Much of my life is trying to understand the impact of mobile phones, the Internet, neighbours and stories on mental health well-being and how this intersects with the experience-think-feel-behave cycle.

Some things in life are obvious, others less so. Those first few minutes playing Flower or Limbo, I would put those in the less obvious category. If indeed categories are a good way to go. Perhaps they aren't, but perhaps they are an unavoidable part of life.

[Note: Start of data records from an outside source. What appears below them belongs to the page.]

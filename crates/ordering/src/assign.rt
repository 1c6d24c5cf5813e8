// The order of an assign's bindings (`toposort_assign_bindings`).
ghost use Rattle.std.specs.Prelude.{List, ◌≡◌, ◌≤◌, ◌<◌, length};
ghost use Rattle.records.specs.Limits.{most_longest};
ghost use Rattle.records.specs.Records.{Binding};
ghost use Rattle.ordering.specs.Assign.{need_limit, Bound, ListsBinding, FindsAllNames, Collectable, FindsNeeds, SortsBindings, SomeLet, OrdersLet};
ghost use Rattle.ordering.specs.Needs.{binding_limit, Starts};

use crate::listed::Listed;
use crate::needs::body_needs;
use crate::provides::{Provided, pattern_names};
use crate::sort::toposort;
use crate::{BINDING_LIMIT, NEED_LIMIT, Order, Sorted};
use records::bodies::let_view;
use records::past::{past_bytes, past_head};
use records::skip::past_record;
use records::{Family, LOC_WIDTH};

// Lists what the binding at a place provides, behind a 0, and answers where its body starts.
fn binding_names(s: &[u8], at: usize, entries: &mut Listed<usize>) -> usize
    requires { (at ≤ length s.now) × (length s.now ≤ most_longest) }
    ensures { ListsBinding s.now at entries.old entries.new result }
{
    entries.push(0);
    let head = at + past_head(&s[at..]);
    let pattern = past_bytes(s, head, LOC_WIDTH);
    pattern_names(s, pattern, entries)
}

// Lists what bindings provide that follow each other from a place on, and where their bodies start.
// Answers the number of entries.
pub fn find_names(s: &[u8], first: usize, entries: &mut [usize], bodies: &mut [usize]) -> usize
    requires s_len_bound { (length s.now ≤ most_longest) × (length entries.old ≡ need_limit) }
    requires bound { (bs : List Binding) × Bound s.now first (length bodies.old) bs }
    ensures { FindsAllNames s.now first (length bodies.old) entries.new bodies.new result }
{
    let mut at = first;
    let mut listed = Listed::new(entries);
    for body in bodies.iter_mut() {
        *body = binding_names(s, at, &mut listed);
        at = past_record(Family::Body, s, *body);
    }
    listed.count
}

// Lists the needs of the bodies at the places given, and where those of each start.
fn find_needs(given: &Provided, bodies: &[usize], needs: &mut [u64], starts: &mut [usize])
    requires bodies_len_bound { (length bodies.now ≤ binding_limit) × (length bodies.now < length starts.old) }
    requires collectable { (bs : List Binding) × Collectable given.now bodies.now (length needs.old) bs }
    ensures starts { Starts (length bodies.now) needs.new starts.new }
    ensures finds_needs { FindsNeeds given.now bodies.now needs.old needs.new starts.new }
{
    let mut listed = Listed::new(needs);
    for (j, body) in bodies.iter().enumerate() {
        starts[j] = listed.count;
        body_needs(given, &given.bytes[*body..], &mut listed);
    }
    starts[bodies.len()] = listed.count;
}

// Orders the bindings that follow each other from a place on, with room for what is listed of them.
fn order_bindings(
    s: &[u8],
    first: usize,
    entries: &mut [usize],
    bodies: &mut [usize],
    needs: &mut [u64],
    starts: &mut [usize],
    row: &mut [u8],
) -> Sorted
    requires s_len_bound { (length s.now ≤ most_longest) × (length entries.old ≡ need_limit) × (length needs.old ≡ need_limit) }
    requires bodies_len { (length bodies.old ≡ length row.old) × (length row.old ≤ binding_limit) × (length row.old < length starts.old) }
    requires bound { (bs : List Binding) × Bound s.now first (length row.old) bs }
    ensures placed_in_bounds { result.placed ≤ length row.new }
    ensures sorts_bindings { SortsBindings s.now first (length row.old) row.new result }
{
    let n = find_names(s, first, entries, bodies);
    let given = Provided {
        bytes: s,
        entries: &entries[..n],
    };
    find_needs(&given, bodies, needs, starts);
    toposort(needs, starts, row)
}

// The order of the bindings of the assign at the start of s.
pub fn toposort_assign_bindings(s: &[u8]) -> Order
    requires s_len_bound { length s.now ≤ most_longest }
    requires some_let { SomeLet s.now }
    ensures { OrdersLet s.now result }
{
    let v = let_view(s);
    let count = usize::from(v.count);
    let mut row = [0u8; BINDING_LIMIT];
    let mut bodies = [0usize; BINDING_LIMIT];
    let mut starts = [0usize; BINDING_LIMIT + 1];
    let mut entries = [0usize; NEED_LIMIT];
    let mut needs = [0u64; NEED_LIMIT];
    let r = order_bindings(
        s,
        v.first,
        &mut entries,
        &mut bodies[..count],
        &mut needs,
        &mut starts,
        &mut row[..count],
    );
    Order {
        row,
        count,
        placed: r.placed,
        rounds: r.rounds,
    }
}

Writing as Mindful Gamer is going to be an adventurous journey not least because, as up until the September 27th 2011, I have not a had a television for nearly 15 years, and I know almost nothing about gaming.

That in itself has not been an obstacle to being interested in gaming concepts though. well, I say gaming concepts, but what I really mean is I am interested in story telling, and how we find ourselves in stories, how we might frame life as stories and how we use them to make sense of the things we experience.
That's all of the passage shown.